[Task goal]:
Read through the material below and copy each line in which the word "IsRequest" occurs.

*** Data supplied Section Begins ***

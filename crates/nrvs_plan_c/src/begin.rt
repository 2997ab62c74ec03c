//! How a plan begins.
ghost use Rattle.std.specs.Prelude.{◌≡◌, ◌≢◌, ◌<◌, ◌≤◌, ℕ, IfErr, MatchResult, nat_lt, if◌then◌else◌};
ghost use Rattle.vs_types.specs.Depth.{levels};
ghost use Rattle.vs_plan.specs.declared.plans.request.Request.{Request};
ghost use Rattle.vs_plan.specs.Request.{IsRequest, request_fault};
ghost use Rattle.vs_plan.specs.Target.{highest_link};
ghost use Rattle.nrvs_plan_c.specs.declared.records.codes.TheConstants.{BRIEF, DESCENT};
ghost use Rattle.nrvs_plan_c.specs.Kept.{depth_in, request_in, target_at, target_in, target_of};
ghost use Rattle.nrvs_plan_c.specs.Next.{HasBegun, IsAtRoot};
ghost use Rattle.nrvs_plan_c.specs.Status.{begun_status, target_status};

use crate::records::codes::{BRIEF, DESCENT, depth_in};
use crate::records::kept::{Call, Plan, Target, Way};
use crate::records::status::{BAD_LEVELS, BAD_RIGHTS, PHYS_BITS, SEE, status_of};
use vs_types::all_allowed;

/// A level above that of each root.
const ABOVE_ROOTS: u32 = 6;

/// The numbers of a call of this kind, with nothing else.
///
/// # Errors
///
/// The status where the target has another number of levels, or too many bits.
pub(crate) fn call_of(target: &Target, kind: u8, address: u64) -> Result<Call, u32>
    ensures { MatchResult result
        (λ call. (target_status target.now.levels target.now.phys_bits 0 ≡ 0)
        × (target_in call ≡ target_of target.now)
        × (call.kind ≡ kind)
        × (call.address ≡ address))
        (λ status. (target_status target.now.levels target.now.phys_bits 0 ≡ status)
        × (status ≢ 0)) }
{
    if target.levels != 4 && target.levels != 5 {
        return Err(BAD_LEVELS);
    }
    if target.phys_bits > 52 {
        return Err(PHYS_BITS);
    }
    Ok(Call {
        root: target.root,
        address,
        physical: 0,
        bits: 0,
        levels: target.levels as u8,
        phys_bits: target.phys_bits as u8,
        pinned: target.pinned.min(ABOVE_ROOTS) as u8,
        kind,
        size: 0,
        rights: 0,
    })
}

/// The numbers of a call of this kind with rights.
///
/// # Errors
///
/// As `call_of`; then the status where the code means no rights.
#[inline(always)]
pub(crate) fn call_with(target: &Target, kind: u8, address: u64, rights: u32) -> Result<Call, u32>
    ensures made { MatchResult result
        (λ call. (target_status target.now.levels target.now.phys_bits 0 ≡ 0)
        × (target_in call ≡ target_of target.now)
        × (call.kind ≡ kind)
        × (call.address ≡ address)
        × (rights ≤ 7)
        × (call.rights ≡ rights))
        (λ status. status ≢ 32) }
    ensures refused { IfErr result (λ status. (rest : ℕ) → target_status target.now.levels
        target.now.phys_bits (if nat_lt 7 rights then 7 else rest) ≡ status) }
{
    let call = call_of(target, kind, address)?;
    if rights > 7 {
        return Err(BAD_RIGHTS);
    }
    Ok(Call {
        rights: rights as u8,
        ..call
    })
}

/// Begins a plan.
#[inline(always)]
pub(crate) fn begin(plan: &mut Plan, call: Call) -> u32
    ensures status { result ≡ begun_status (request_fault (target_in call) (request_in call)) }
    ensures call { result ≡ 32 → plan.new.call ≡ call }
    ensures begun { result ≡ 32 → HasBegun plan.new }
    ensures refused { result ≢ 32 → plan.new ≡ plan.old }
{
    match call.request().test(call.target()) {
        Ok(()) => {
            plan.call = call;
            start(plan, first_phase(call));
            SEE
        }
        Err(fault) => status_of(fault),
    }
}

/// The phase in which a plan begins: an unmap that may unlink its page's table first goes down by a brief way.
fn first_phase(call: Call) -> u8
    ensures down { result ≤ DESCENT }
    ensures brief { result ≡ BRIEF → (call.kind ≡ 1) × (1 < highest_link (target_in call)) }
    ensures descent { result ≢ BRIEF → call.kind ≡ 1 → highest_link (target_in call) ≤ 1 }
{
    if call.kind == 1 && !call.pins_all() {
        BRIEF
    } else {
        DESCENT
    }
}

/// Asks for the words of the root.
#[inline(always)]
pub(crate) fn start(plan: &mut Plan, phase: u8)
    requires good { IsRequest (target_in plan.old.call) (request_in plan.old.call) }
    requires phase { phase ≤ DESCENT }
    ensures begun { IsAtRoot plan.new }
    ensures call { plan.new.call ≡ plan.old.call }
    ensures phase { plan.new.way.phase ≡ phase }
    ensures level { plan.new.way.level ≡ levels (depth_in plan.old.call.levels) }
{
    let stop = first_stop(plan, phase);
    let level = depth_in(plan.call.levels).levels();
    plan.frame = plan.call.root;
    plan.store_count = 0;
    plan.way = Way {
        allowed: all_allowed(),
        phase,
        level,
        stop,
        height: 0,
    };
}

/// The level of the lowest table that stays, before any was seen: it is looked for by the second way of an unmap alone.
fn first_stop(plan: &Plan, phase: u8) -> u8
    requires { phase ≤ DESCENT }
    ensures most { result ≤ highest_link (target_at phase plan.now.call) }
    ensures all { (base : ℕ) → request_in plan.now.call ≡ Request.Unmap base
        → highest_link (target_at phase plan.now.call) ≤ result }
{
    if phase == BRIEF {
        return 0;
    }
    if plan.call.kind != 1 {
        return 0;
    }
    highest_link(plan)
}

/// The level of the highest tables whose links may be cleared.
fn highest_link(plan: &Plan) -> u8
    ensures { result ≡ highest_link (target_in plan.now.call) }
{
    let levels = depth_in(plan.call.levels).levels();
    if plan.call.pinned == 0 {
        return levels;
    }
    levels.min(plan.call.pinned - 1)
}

*** Data supplied Section Ends ***
*** Data supplied Section Begins ***

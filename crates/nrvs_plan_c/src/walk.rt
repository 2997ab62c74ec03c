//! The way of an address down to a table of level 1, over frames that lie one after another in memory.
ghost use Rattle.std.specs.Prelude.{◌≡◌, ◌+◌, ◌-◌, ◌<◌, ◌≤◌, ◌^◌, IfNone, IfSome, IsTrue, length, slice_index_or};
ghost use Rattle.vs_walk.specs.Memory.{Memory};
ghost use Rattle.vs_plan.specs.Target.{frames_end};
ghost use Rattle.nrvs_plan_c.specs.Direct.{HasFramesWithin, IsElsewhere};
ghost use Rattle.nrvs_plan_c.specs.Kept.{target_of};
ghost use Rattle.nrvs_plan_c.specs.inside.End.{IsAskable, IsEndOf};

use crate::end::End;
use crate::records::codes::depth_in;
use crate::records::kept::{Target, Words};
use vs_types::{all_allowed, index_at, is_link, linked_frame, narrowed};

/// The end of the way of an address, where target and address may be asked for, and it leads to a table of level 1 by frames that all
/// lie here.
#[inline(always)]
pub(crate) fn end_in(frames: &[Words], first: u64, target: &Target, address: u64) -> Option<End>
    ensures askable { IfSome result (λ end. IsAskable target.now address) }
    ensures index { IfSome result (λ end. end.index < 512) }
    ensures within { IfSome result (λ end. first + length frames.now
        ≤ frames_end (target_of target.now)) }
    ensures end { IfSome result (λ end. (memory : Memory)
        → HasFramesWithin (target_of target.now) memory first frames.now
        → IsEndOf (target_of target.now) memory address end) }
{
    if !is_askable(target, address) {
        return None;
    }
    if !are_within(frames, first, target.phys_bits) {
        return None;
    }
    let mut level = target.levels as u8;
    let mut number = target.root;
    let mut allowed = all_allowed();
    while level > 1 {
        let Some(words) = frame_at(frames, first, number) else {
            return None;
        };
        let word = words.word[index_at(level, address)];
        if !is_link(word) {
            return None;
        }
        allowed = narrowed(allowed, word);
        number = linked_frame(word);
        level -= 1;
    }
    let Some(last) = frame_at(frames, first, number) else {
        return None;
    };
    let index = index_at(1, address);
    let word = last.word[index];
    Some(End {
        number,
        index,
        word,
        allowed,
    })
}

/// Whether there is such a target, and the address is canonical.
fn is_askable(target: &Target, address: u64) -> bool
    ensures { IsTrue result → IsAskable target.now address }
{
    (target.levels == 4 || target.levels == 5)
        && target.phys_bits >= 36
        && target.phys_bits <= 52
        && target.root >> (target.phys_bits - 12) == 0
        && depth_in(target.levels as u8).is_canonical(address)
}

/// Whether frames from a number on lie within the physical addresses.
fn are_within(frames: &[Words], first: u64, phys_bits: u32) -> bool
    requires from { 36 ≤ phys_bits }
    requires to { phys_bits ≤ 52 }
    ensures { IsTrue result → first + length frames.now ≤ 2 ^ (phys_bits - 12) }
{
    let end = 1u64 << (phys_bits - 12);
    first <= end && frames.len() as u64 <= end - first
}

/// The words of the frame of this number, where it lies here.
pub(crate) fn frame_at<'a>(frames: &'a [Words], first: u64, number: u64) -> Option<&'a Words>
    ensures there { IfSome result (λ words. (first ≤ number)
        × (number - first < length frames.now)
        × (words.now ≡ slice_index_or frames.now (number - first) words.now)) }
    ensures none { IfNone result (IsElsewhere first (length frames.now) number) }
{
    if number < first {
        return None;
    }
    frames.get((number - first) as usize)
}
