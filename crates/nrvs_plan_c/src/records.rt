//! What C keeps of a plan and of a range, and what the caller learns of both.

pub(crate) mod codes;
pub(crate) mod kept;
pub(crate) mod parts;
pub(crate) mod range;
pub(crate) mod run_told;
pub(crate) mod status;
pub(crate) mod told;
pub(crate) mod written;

*** Data supplied Section Ends ***

[Result for this task]:
ghost use Rattle.vs_plan.specs.Request.{IsRequest, request_fault};
    requires good { IsRequest (target_in plan.old.call) (request_in plan.old.call) }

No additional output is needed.